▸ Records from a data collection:
[Start of section]
// The check of a subtable, by its form.
ghost use Rattle.std.specs.Prelude.{◌≡◌, ◌+◌, IfOk, None, nat_le};
ghost use Rattle.layout.specs.Bytes.{u16_at};
ghost use Rattle.layout.specs.Coverages.{coverage_faults, coverage_ranges};
ghost use Rattle.layout.specs.Faults.{first_in, unless};
ghost use Rattle.layout.specs.Ranges.{size};
ghost use Rattle.layout.specs.Told.{verdict};
ghost use Rattle.gsub.specs.Rules.{context_coverages};
ghost use Rattle.gsub.specs.Forms.{delta, coverage_rule, form_is};
ghost use Rattle.gsub.specs.Subtables.{class_count, coverage_of, indexed, sets_faults, class_sets, form_faults, reverse_faults, subtable_faults};

use crate::arrays::Array;
use crate::follow::{ListOf, Offsets, Once, Target};
use crate::rules::{ContextRule, RulePlace, Rules};
use crate::seen::Kind;
use crate::structures::{Alternates, Classes, Coverages, Ligatures, Sequences};
use crate::subtable::{Decided, Subtable};
use crate::walk::{Start, Walk};
use layout::bytes::{Field, Width};
use layout::coverage::Coverage;
use layout::fault::{Rule, StructureFault};
use layout::structure::Structure;

impl Walk<'_> {
    // The coverage of the subtable at `start`. Answers where it starts.
    fn check_coverage(&mut self, start: Start) -> Result<Start, StructureFault>
        ensures answer { verdict result ≡ first_in (coverage_of self.old.table start.byte) }
        ensures target { IfOk result
            (λ target. target.byte ≡ start.byte + u16_at self.old.table (start.byte + 2)) }
        ensures accepted { IfOk result
            (λ target. first_in (coverage_faults self.old.table target.byte) ≡ None) }
        ensures same { self.new ≡ self.old }
    {
        let target = self.follow(start, start.byte + 2)?;
        Once(Coverages).check(self, target)?;
        Ok(target)
    }

    // The same. Answers how many glyphs it has, for an array that has an entry for each.
    fn check_counted_coverage(&mut self, start: Start) -> Result<usize, StructureFault>
        ensures answer { verdict result ≡ first_in (coverage_of self.old.table start.byte) }
        ensures glyphs { IfOk result (λ n. n ≡ size (coverage_ranges self.old.table (start.byte + u16_at self.old.table (start.byte + 2)))) }
        ensures same { self.new ≡ self.old }
    {
        let target = self.check_coverage(start)?;
        let structure = self.structure(target);
        Ok(Coverage { structure }.glyph_count())
    }

    // Coverage, count and an array that has an entry for each glyph of the coverage.
    fn check_indexed(&mut self, start: Start) -> Result<(), StructureFault>
        ensures answer { verdict result ≡ first_in (indexed self.old.table start.byte) }
        ensures same { self.new ≡ self.old }
    {
        let subtable = self.structure(start);
        subtable.check_fields(start.byte + 2, Width::Two, 2)?;
        let count = subtable.u16_in(4);
        subtable.check_fields(start.byte + 6, Width::Two, u64::from(count))?;
        let glyphs = self.check_counted_coverage(start)?;
        check_enough(subtable, glyphs, start.byte + 4)
    }

    // The same where the array has offsets.
    fn check_sets<C: Target>(
        &mut self,
        sets: &C,
        null: bool,
        start: Start,
    ) -> Result<(), StructureFault>
        ensures answer { verdict result ≡ first_in (sets_faults null self.old.table start.byte (C.Target.faults sets.now self.old)) }
        ensures same { self.new ≡ self.old }
    {
        self.check_indexed(start)?;
        let array = Array {
            at: start.byte + 6,
            count: usize::from(self.structure(start).u16_in(4)),
        };
        self.check_each(sets, Offsets { start, array }, null)
    }

    // Format 2 of types 5 and 6, with one class definition or three.
    fn check_class_sets<C: Target>(
        &mut self,
        sets: &C,
        classes: u16,
        start: Start,
    ) -> Result<(), StructureFault>
        ensures answer { verdict result ≡ first_in (class_sets self.old.table start.byte classes (C.Target.faults sets.now self.old)) }
        ensures same { self.new ≡ self.old }
    {
        let subtable = self.structure(start);
        subtable.check_fields(start.byte + 2, Width::Two, u64::from(classes) + 2)?;
        let array = Array {
            at: start.byte + 4,
            count: usize::from(classes),
        };
        let sets_at = array.past() + 2;
        let count = subtable.u16_in(4 + 2 * array.count);
        subtable.check_fields(sets_at, Width::Two, u64::from(count))?;
        self.check_coverage(start)?;
        self.check_each(&Once(Classes), Offsets { start, array }, true)?;
        let array = Array {
            at: sets_at,
            count: usize::from(count),
        };
        self.check_each(sets, Offsets { start, array }, true)
    }

    // The coverages of a rule. As a loop over three arrays it would need a proof of its own.
    fn check_context(&mut self, rule: ContextRule) -> Result<(), StructureFault>
        ensures answer { verdict result ≡ first_in (context_coverages self.old.table rule.start.byte rule.arrays) }
        ensures same { self.new ≡ self.old }
    {
        let start = rule.start;
        let array = rule.arrays.backtrack;
        self.check_each(&Once(Coverages), Offsets { start, array }, false)?;
        let array = rule.arrays.input;
        self.check_each(&Once(Coverages), Offsets { start, array }, false)?;
        let array = rule.arrays.lookahead;
        self.check_each(&Once(Coverages), Offsets { start, array }, false)
    }

    // Format 3 of types 5 and 6.
    fn check_coverage_rule(&mut self, chain: bool, start: Start) -> Result<(), StructureFault>
        ensures answer { verdict result ≡ first_in (form_faults self.old.table self.old.lookups start.byte (coverage_rule chain)) }
        ensures same { self.new ≡ self.old }
    {
        let rule = self.rule(chain, RulePlace::BehindFormat, start)?;
        self.check_records(rule)?;
        self.check_context(rule)
    }

    fn check_reverse(&mut self, start: Start) -> Result<(), StructureFault>
        ensures answer { verdict result ≡ first_in (reverse_faults self.old.table start.byte) }
        ensures same { self.new ≡ self.old }
    {
        let subtable = self.structure(start);
        let rule = self.reverse_rule(start)?;
        let glyphs = self.check_counted_coverage(start)?;
        check_enough(subtable, glyphs, rule.arrays.lookahead.past())?;
        self.check_context(rule)
    }

    fn check_delta(&mut self, start: Start) -> Result<(), StructureFault>
        ensures answer { verdict result ≡ first_in (form_faults self.old.table self.old.lookups start.byte delta) }
        ensures same { self.new ≡ self.old }
    {
        let subtable = self.structure(start);
        subtable.check_fields(start.byte + 2, Width::Two, 2)?;
        self.check_coverage(start)?;
        Ok(())
    }

    // What stands behind the format of a subtable, by its form.
    pub(crate) fn check_form(
        &mut self,
        subtable: Subtable<'_>,
        start: Start,
    ) -> Result<(), StructureFault>
        ensures answer { verdict result ≡ first_in (form_faults self.old.table self.old.lookups start.byte (form_is subtable.entry)) }
        ensures same { self.new ≡ self.old }
    {
        match subtable {
            Subtable::Delta { part: _ } => self.check_delta(start),
            Subtable::Single { part: _ } => self.check_indexed(start),
            Subtable::Multiple { part: _ } => self.check_sets(&Sequences, false, start),
            Subtable::Alternate { part: _ } => self.check_sets(&Alternates, false, start),
            Subtable::Ligature { part: _ } => {
                self.check_sets(&Once(ListOf(Ligatures)), false, start)
            }
            Subtable::GlyphRules { chain, part: _ } => {
                self.check_sets(&Once(ListOf(Rules { chain })), true, start)
            }
            Subtable::ClassRules { chain, part: _ } => {
                self.check_class_sets(&Once(ListOf(Rules { chain })), class_count(chain), start)
            }
            Subtable::CoverageRule { chain, part: _ } => self.check_coverage_rule(chain, start),
            Subtable::Reverse { part: _ } => self.check_reverse(start),
        }
    }

    // A subtable of a type that does not move, walked once.
    pub(crate) fn check_subtable(
        &mut self,
        lookup_type: u16,
        start: Start,
    ) -> Result<(), StructureFault>
        ensures answer { verdict result ≡ first_in
            (subtable_faults self.old.table self.old.lookups start.byte lookup_type) }
        ensures same { self.new ≡ self.old }
    {
        let own = OfType { lookup_type };
        match Kind::of_type(lookup_type) {
            Some(kind) => self.check_once(&own, kind, start),
            None => own.check(self, start),
        }
    }
}

// The subtables of a type that does not move.
#[derive(Clone, Copy, Drop)]
pub(crate) struct OfType {
    pub(crate) lookup_type: u16,
}

impl Target for OfType {
    ghost faults = { λ own walked s.
        subtable_faults walked.table walked.lookups s own.lookup_type };

    fn check(&self, walk: &mut Walk<'_>, start: Start) -> Result<(), StructureFault> {
        let structure = walk.structure(start);
        let format = structure.field::<u16>(start.byte)?;
        match Decided::of(
            self.lookup_type,
            format,
            true,
            &structure.table[start.byte..],
        ) {
            Some(Decided::Own(subtable)) => walk.check_form(subtable, start),
            _ => Err(structure.broken(Rule::Unknown, start.byte)),
        }
    }
}

// The array whose count stands at a byte has an entry for each of so many glyphs.
fn check_enough(subtable: Structure<'_>, glyphs: usize, at: usize) -> Result<(), StructureFault>
    ensures { verdict result ≡ first_in (unless (nat_le glyphs (u16_at subtable.entry.table.now at)) 4 subtable.entry.start at) }
{
    let entries = usize::from(u16::read(subtable.table, at));
    subtable.require(glyphs <= entries, Rule::Bounds, at)
}

// How many class definitions stand in a subtable of format 2.
fn class_count(chain: bool) -> u16
    ensures { result ≡ class_count chain }
{
    if chain { 3 } else { 1 }
}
[End of section]
▸ TASK:
Looking at the records above, return exactly the lines from the line with "check_enough(subtable, glyphs, rule.arrays.lookahead.past())?;" to the line with "fn check_delta(&mut self, start: Start)", both ends included.

▸ REPLY:
        check_enough(subtable, glyphs, rule.arrays.lookahead.past())?;
        self.check_context(rule)
    }

    fn check_delta(&mut self, start: Start) -> Result<(), StructureFault>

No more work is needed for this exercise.